_EXERCISE DETAILS_
Read the data below line by line and copy each one with "type" in it.

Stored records

------------------------------------------------------------------------

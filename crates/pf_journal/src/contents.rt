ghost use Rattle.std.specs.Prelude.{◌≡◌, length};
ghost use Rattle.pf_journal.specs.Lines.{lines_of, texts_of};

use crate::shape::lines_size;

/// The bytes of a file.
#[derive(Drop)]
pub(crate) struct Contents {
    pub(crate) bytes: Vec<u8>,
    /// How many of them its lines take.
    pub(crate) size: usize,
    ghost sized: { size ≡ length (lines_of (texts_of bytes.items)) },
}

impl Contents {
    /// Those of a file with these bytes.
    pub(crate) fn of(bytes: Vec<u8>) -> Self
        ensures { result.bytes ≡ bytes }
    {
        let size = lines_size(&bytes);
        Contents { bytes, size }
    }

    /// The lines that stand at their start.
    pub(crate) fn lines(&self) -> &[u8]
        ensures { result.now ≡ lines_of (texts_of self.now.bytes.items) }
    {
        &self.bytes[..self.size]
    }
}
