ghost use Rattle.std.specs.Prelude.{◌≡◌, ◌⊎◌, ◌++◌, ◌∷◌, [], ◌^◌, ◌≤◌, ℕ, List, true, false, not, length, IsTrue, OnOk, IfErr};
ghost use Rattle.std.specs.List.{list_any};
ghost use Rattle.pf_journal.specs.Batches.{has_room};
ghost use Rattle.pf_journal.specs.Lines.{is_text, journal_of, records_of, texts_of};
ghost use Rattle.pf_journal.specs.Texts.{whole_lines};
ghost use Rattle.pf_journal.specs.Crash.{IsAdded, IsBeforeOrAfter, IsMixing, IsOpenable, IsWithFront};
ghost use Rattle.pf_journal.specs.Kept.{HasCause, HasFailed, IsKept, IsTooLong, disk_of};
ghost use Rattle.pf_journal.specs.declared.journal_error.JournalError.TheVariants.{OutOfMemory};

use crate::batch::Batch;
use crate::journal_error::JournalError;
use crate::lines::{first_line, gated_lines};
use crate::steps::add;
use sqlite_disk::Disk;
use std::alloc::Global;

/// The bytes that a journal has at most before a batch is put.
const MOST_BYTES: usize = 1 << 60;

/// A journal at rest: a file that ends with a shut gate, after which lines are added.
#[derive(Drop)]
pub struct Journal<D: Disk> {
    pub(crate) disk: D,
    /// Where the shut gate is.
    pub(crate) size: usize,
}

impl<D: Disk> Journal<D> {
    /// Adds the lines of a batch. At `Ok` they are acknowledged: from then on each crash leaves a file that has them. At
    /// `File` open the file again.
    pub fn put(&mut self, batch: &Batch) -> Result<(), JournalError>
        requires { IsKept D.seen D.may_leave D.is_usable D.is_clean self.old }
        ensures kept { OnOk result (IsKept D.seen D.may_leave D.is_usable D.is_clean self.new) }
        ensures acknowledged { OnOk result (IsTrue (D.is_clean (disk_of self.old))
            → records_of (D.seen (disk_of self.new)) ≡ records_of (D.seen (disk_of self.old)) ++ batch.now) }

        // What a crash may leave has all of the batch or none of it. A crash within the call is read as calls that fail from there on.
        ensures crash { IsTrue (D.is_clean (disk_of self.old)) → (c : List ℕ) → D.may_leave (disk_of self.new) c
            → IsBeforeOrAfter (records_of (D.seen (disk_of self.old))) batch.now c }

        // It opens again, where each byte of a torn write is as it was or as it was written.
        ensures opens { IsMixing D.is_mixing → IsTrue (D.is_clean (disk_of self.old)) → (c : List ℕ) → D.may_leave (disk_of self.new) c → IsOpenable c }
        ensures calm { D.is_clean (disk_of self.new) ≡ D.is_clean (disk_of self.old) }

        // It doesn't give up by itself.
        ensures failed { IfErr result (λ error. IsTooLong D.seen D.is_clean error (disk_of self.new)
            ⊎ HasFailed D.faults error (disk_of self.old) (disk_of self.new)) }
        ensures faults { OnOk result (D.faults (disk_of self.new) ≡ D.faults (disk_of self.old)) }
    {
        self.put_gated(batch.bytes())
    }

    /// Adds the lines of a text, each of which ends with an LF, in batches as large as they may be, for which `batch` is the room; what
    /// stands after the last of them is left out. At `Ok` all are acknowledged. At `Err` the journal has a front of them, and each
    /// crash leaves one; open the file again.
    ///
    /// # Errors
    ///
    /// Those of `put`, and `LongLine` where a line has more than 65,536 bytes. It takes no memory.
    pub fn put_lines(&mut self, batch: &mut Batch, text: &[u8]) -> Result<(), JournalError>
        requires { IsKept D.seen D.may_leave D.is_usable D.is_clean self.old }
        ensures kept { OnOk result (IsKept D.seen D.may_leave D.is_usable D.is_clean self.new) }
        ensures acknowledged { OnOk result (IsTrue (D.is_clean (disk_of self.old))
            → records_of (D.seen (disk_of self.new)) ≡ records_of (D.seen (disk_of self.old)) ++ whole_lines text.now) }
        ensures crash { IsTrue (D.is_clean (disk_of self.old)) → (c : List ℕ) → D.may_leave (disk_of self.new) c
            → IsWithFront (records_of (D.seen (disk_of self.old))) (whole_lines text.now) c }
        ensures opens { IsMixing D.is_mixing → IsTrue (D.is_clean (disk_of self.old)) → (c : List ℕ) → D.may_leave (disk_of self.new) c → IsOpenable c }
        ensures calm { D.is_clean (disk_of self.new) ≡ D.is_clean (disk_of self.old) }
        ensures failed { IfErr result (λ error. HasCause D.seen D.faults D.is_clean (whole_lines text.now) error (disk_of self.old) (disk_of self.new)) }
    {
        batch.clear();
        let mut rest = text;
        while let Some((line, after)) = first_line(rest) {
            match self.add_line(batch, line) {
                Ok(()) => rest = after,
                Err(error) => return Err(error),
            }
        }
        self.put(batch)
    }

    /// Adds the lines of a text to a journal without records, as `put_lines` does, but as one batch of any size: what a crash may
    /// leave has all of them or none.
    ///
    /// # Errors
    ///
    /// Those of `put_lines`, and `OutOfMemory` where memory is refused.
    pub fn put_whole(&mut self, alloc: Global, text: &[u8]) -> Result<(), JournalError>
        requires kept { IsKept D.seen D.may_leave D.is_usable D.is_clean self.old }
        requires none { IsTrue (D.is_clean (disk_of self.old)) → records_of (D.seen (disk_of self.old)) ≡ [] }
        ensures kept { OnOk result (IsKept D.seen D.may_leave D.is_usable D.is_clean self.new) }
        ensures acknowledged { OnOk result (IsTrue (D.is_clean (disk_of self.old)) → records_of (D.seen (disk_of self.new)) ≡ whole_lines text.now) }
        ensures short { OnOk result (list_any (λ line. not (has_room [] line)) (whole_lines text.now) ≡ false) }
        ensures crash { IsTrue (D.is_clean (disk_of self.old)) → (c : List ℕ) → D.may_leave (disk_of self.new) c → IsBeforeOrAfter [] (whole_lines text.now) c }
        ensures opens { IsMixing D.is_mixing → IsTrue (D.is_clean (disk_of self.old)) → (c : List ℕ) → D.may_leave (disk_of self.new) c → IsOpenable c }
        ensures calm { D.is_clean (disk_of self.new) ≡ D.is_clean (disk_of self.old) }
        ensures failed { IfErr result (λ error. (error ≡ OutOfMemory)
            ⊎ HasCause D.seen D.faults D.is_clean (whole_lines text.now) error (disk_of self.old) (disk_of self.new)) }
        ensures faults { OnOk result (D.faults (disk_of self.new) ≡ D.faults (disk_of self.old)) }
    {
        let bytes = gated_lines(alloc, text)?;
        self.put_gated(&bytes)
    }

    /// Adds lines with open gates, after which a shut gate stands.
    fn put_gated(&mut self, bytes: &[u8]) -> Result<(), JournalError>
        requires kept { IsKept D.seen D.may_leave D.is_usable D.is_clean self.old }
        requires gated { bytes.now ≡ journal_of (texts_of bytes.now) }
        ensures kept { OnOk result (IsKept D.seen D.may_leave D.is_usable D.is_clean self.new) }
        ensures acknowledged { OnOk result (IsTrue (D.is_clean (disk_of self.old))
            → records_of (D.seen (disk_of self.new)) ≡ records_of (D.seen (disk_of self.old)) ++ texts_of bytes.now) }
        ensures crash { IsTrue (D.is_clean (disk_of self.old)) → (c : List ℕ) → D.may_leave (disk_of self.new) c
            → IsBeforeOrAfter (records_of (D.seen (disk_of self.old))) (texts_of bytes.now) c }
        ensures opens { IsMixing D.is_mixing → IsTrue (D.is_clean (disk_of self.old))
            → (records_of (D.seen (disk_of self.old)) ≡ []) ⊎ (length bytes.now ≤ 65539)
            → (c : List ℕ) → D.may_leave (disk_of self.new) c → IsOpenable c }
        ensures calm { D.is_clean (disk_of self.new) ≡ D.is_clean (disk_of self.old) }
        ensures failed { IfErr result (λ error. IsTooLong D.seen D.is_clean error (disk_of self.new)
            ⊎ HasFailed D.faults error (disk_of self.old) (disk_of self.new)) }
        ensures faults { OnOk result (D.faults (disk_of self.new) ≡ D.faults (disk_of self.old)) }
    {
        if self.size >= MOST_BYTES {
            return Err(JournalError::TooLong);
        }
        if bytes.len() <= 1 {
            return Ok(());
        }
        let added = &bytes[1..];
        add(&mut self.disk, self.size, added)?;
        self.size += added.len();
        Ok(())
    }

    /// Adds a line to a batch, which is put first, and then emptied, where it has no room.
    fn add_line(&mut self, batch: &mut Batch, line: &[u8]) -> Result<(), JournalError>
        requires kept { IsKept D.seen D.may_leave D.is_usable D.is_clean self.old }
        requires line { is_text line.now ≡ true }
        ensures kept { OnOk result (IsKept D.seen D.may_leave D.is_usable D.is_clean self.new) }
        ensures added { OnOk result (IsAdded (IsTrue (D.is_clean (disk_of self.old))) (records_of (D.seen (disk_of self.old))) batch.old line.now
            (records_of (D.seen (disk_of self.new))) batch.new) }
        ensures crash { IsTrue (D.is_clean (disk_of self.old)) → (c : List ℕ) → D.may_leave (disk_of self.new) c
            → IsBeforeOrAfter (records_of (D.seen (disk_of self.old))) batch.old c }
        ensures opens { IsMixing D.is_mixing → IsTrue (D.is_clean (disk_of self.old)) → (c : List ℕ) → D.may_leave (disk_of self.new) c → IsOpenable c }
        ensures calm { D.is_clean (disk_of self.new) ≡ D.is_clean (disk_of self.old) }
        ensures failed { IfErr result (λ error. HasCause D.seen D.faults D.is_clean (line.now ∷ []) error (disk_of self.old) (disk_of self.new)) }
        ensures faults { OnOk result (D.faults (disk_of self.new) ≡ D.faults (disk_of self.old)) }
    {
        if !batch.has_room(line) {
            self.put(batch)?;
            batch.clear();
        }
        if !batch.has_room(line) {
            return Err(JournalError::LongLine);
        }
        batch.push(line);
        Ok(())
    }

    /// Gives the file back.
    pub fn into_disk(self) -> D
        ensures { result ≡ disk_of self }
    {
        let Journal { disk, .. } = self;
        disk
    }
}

------------------------------------------------------------------------

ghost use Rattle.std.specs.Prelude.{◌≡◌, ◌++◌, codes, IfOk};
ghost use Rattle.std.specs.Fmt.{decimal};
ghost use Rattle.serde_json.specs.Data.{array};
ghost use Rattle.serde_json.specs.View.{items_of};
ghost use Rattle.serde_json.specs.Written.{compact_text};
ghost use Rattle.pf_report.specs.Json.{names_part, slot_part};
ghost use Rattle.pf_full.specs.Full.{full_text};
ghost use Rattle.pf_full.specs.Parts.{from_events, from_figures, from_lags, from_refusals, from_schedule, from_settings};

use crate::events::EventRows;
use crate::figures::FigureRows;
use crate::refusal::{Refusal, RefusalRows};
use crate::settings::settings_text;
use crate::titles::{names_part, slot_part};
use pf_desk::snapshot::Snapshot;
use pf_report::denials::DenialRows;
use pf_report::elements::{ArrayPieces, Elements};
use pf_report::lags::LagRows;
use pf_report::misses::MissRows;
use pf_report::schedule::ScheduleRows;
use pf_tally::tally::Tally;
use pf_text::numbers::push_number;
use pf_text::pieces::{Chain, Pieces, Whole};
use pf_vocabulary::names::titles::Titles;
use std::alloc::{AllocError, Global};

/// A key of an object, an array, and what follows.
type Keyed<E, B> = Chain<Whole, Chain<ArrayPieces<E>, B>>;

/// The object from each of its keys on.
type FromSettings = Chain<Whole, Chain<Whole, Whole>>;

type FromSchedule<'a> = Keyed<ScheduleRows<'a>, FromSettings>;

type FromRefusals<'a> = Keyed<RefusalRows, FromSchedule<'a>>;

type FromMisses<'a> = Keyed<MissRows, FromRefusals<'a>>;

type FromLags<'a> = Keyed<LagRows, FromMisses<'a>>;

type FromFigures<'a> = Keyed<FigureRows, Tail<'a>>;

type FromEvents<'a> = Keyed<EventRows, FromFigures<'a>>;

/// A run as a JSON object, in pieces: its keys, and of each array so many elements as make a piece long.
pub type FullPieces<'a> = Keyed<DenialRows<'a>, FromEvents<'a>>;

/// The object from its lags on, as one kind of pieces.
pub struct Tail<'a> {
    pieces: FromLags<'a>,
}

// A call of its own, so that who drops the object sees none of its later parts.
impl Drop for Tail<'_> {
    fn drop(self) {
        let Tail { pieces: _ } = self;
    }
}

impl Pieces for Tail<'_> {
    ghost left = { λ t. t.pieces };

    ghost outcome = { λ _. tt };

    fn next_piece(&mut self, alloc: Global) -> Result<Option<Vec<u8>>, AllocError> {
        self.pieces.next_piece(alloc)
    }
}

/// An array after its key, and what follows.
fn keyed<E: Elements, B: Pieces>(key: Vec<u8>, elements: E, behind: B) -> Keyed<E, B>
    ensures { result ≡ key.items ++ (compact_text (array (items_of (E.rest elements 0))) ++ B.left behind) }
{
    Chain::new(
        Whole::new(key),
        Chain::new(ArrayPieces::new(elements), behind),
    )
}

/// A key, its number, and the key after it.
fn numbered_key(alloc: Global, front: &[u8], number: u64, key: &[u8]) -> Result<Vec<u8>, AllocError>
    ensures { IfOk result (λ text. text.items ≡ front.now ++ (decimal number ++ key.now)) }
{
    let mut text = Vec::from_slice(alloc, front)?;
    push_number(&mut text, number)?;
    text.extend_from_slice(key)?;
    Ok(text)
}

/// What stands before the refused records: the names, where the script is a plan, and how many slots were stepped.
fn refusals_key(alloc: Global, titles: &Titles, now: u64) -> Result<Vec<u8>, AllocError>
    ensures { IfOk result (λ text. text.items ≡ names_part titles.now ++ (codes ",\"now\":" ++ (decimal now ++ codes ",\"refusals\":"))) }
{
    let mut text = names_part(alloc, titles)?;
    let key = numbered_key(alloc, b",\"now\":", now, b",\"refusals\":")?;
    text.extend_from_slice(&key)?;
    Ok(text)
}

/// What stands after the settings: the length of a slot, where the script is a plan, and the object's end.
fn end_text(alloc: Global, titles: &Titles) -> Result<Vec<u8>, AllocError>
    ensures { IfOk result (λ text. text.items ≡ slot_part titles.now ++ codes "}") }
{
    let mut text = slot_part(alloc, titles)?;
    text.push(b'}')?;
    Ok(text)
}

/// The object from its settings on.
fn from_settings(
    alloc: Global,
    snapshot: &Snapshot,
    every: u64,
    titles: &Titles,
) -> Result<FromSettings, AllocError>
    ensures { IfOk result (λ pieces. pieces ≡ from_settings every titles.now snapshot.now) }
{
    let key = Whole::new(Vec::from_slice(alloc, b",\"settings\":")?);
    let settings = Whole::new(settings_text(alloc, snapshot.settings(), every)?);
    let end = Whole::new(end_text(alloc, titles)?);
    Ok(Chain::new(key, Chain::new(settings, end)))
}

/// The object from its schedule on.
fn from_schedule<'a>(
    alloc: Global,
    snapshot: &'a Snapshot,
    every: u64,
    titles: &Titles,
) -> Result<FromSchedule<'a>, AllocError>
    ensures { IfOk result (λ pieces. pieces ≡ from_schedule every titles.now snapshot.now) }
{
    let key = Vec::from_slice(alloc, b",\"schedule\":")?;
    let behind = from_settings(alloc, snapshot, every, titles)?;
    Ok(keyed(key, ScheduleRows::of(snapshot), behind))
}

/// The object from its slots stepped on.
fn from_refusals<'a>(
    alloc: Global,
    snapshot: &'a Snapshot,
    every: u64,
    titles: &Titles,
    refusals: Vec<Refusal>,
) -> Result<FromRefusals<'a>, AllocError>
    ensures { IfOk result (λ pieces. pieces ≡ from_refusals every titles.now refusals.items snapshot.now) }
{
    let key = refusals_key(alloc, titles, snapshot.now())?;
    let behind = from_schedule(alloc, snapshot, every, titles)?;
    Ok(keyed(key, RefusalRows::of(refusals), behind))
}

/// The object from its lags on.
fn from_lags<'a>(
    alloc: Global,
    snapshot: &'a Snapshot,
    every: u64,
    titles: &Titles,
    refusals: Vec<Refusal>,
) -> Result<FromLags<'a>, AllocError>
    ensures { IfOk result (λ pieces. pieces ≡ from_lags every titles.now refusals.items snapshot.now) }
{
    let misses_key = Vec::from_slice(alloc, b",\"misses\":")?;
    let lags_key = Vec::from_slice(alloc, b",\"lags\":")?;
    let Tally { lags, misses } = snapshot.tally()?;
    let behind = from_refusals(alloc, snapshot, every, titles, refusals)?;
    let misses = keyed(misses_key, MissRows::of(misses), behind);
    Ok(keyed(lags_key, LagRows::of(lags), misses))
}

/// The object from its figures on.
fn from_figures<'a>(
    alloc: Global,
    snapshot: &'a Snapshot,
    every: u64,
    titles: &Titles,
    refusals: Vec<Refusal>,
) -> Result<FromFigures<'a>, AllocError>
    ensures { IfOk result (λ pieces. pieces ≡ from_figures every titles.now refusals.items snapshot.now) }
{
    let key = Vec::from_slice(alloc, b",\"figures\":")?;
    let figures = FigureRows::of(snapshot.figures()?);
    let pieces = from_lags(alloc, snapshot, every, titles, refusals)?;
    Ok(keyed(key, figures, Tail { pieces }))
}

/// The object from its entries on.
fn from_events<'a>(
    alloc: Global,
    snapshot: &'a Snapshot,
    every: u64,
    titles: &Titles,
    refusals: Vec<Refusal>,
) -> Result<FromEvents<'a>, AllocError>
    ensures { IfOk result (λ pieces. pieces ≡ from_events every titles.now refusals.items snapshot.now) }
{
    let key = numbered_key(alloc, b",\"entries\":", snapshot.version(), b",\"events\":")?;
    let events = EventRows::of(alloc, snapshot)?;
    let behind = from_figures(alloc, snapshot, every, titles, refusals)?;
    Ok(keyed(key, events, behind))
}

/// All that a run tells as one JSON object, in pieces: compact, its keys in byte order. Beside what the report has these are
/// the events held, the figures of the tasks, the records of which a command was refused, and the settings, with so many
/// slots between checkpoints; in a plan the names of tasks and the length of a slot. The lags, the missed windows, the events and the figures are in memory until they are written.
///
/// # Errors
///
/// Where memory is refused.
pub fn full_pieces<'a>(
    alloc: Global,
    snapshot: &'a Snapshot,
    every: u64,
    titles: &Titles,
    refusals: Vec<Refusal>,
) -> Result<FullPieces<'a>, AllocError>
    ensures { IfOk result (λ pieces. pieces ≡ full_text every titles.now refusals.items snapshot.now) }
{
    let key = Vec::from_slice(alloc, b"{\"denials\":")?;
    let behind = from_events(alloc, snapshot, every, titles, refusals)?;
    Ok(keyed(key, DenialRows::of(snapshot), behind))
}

------------------------------------------------------------------------

_SOLUTION BELOW_
type Keyed<E, B> = Chain<Whole, Chain<ArrayPieces<E>, B>>;
type FromSettings = Chain<Whole, Chain<Whole, Whole>>;
type FromSchedule<'a> = Keyed<ScheduleRows<'a>, FromSettings>;
type FromRefusals<'a> = Keyed<RefusalRows, FromSchedule<'a>>;
type FromMisses<'a> = Keyed<MissRows, FromRefusals<'a>>;
type FromLags<'a> = Keyed<LagRows, FromMisses<'a>>;
type FromFigures<'a> = Keyed<FigureRows, Tail<'a>>;
type FromEvents<'a> = Keyed<EventRows, FromFigures<'a>>;
pub type FullPieces<'a> = Keyed<DenialRows<'a>, FromEvents<'a>>;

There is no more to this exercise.